- Born: 2 October 1940 Moscow, USSR
- Died: 31 May 2007 (aged 66) Moscow, Russia
- Occupation: teacher, innovator

= Alexander Tubelsky =

Alexander Tubelsky (Александр Наумович Тубельский), 2 October 1940, Moscow - 31 May 2007, Moscow was the president of Russian teacher's "Association of democratic schools", and a professor of Moscow State Pedagogical University (MSPU)

== Biography ==
Aleksander Tubelsky was born in a Jewish family on 2 October 1940 in Moscow, USSR (now Russia ). Parents Naum Solomonovich Tubelsky (father) and Sima-Leya Aronovna Sad settled in Moscow in the late 1920s or early 1930s from Kherson, now in Ukraine. Aleksander graduated from Moscow High School and worked at the factory "Stroydetal" in Krasnodar in the late 1950s. Aleksander Tubelsky served in the Soviet Army from 1959 to 1962. Worked as a senior youth school organizer in several Moscow schools (1962–1967). In 1971, graduated from the Moscow Pedagogical institute as a history teacher. From 1972 to 1974 served as an organizer for the extracurricular activities and as a history teacher for Moscow school 733. In 1974 became a deputy director of the Youth center for extracurricular activities in Moscow. In 1982 was promoted as a director of employment, laboratory training and career guidance of Academy of Pedagogical science of USSR. In 1985 return to teaching as director and history teacher of Moscow School 734. In 1987 started progressive innovations in pedagogy and teaching which were utilized in his school. New extracurricular subjects as World Culture and Art were introduced for all students at school. Unique traditions as Pushkin Nights got their beginning at school 734 during that time. They are conducted every beginning of the school year ( September) since the mid-1980s. Self-determination group for students were set up at school to determine future career goals of the students.

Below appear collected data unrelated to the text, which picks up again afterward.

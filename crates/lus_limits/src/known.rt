//! The names of a declaration that an equation or its caller gives.

ghost use Rattle.std.specs.Prelude.{◌≡◌, ◌||◌, ◌++◌, ◌∷◌, [], IfOk, OnOk, map, flat_map};
ghost use Rattle.lus_tree.specs.Tree.{Name, text_of};
ghost use Rattle.lus_tree.specs.View.{contract_item_view, item_view, param_view, word_view};
ghost use Rattle.lus_meaning.specs.Depends.{left_names, named_in};
ghost use Rattle.lus_meaning.specs.Run.{body_equations, ghost_equations};
ghost use Rattle.lus_limits.specs.Known.{HasThese, lefts_of};
ghost use Rattle.lus_limits.specs.SizeSummaries.{all_given, inputs_given};
ghost use Rattle.lus_streams.specs.Owner.{owner_view};

use lus_streams::owner::Owner;
use lus_tree::{ContractItem, Item, Param, PlacedName};
use name_table::NameTable;
use std::alloc::{AllocError, Global};

/// Adds a name.
#[tactic(auto, using(crate::proofs::KnownNames::named_added))]
fn add(alloc: Global, names: &mut NameTable, name: &str) -> Result<(), AllocError>
    ensures { OnOk result (HasThese names.old names.new (name.now ∷ [])) }
{
    names.add(alloc, name)?;
    Ok(())
}

/// Adds the names of streams.
#[tactic(auto, using(crate::proofs::KnownNames::these_more, crate::proofs::KnownNames::none_more))]
fn add_streams(alloc: Global, names: &mut NameTable, streams: &[Param]) -> Result<(), AllocError>
    ensures { OnOk result (HasThese names.old names.new (map (λ v. v.name.text) (map param_view streams.now))) }
{
    for stream in streams {
        add(alloc, names, &stream.name.text)?;
    }
    Ok(())
}

/// Adds the left names of an equation.
fn add_words(alloc: Global, names: &mut NameTable, words: &[PlacedName]) -> Result<(), AllocError>
    ensures { OnOk result (HasThese names.old names.new (map text_of (map word_view words.now))) }
{
    for word in words {
        add(alloc, names, &word.text)?;
    }
    Ok(())
}

/// Adds the name of an item's ghost variable, where it is one.
fn add_ghost(alloc: Global, names: &mut NameTable, item: &ContractItem) -> Result<(), AllocError>
    ensures { OnOk result (HasThese names.old names.new
        (lefts_of (ghost_equations (contract_item_view item.now ∷ [])))) }
{
    if let ContractItem::Ghost(stream, _) = item {
        add(alloc, names, &stream.name.text)?;
    }
    Ok(())
}

/// Adds the names of the ghost variables of a contract.
fn add_ghosts(
    alloc: Global,
    names: &mut NameTable,
    items: &[ContractItem],
) -> Result<(), AllocError>
    ensures { OnOk result (HasThese names.old names.new
        (lefts_of (ghost_equations (map contract_item_view items.now)))) }
{
    for item in items {
        add_ghost(alloc, names, item)?;
    }
    Ok(())
}

/// Adds the left names of an item of a body, where it is an equation.
fn add_left(alloc: Global, names: &mut NameTable, item: &Item) -> Result<(), AllocError>
    ensures { OnOk result (HasThese names.old names.new (lefts_of (body_equations (item_view item.now ∷ [])))) }
{
    if let Item::Equation(words, _) = item {
        add_words(alloc, names, words)?;
    }
    Ok(())
}

/// Adds the left names of a body.
fn add_lefts(alloc: Global, names: &mut NameTable, items: &[Item]) -> Result<(), AllocError>
    ensures { OnOk result (HasThese names.old names.new (lefts_of (body_equations (map item_view items.now)))) }
{
    for item in items {
        add_left(alloc, names, item)?;
    }
    Ok(())
}

/// Adds the names that an equation gives.
#[tactic(auto, using(crate::proofs::KnownNames::defined_more))]
fn add_defined(alloc: Global, names: &mut NameTable, owner: Owner<'_>) -> Result<(), AllocError>
    ensures { OnOk result (HasThese names.old names.new (left_names (owner_view owner.entry))) }
{
    add_ghosts(alloc, names, owner.contract())?;
    add_lefts(alloc, names, owner.body())?;
    Ok(())
}

/// The names that an equation gives, or the caller, where it gives the inputs.
///
/// # Errors
///
/// Want of memory.
#[tactic(auto, using(crate::proofs::KnownNames::these_more))]
pub(crate) fn known_when_called(alloc: Global, owner: Owner<'_>) -> Result<NameTable, AllocError>
    ensures { IfOk result (λ t. HasThese [] t (inputs_given (owner_view owner.entry) ++ left_names
        (owner_view owner.entry))) }
{
    let mut names = NameTable::new(alloc);
    add_streams(alloc, &mut names, owner.inputs())?;
    add_defined(alloc, &mut names, owner)?;
    Ok(names)
}

/// The same, where the caller gives the outputs too.
///
/// # Errors
///
/// Want of memory.
#[tactic(auto, using(crate::proofs::KnownNames::these_more))]
pub(crate) fn known_when_imported(alloc: Global, owner: Owner<'_>) -> Result<NameTable, AllocError>
    ensures { IfOk result (λ t. HasThese [] t (all_given (owner_view owner.entry) ++ left_names
        (owner_view owner.entry))) }
{
    let mut names = NameTable::new(alloc);
    add_streams(alloc, &mut names, owner.inputs())?;
    add_streams(alloc, &mut names, owner.outputs())?;
    add_defined(alloc, &mut names, owner)?;
    Ok(names)
}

By the initiative of Aleksander Tubelsky in 1992, the Ministry of Education of Russia and the Moscow Department of Education established “School of self-determination” on the base of the school No. 734 and kindergarten No. 869. This school was first among the schools in Russia on track to finding democratic changes in education.

Aleksander Tubelsky was a professor of the Moscow State Pedagogical University, the author and editor of 16 books and more than 150 articles on educational content, fabric of school life.

In February 2007 he had a micro-stroke, which did not stop his innovations in teaching science; however, on May 31, 2007, a second stroke was fatal, and Aleksander Naumovich Tubelsky died later that day.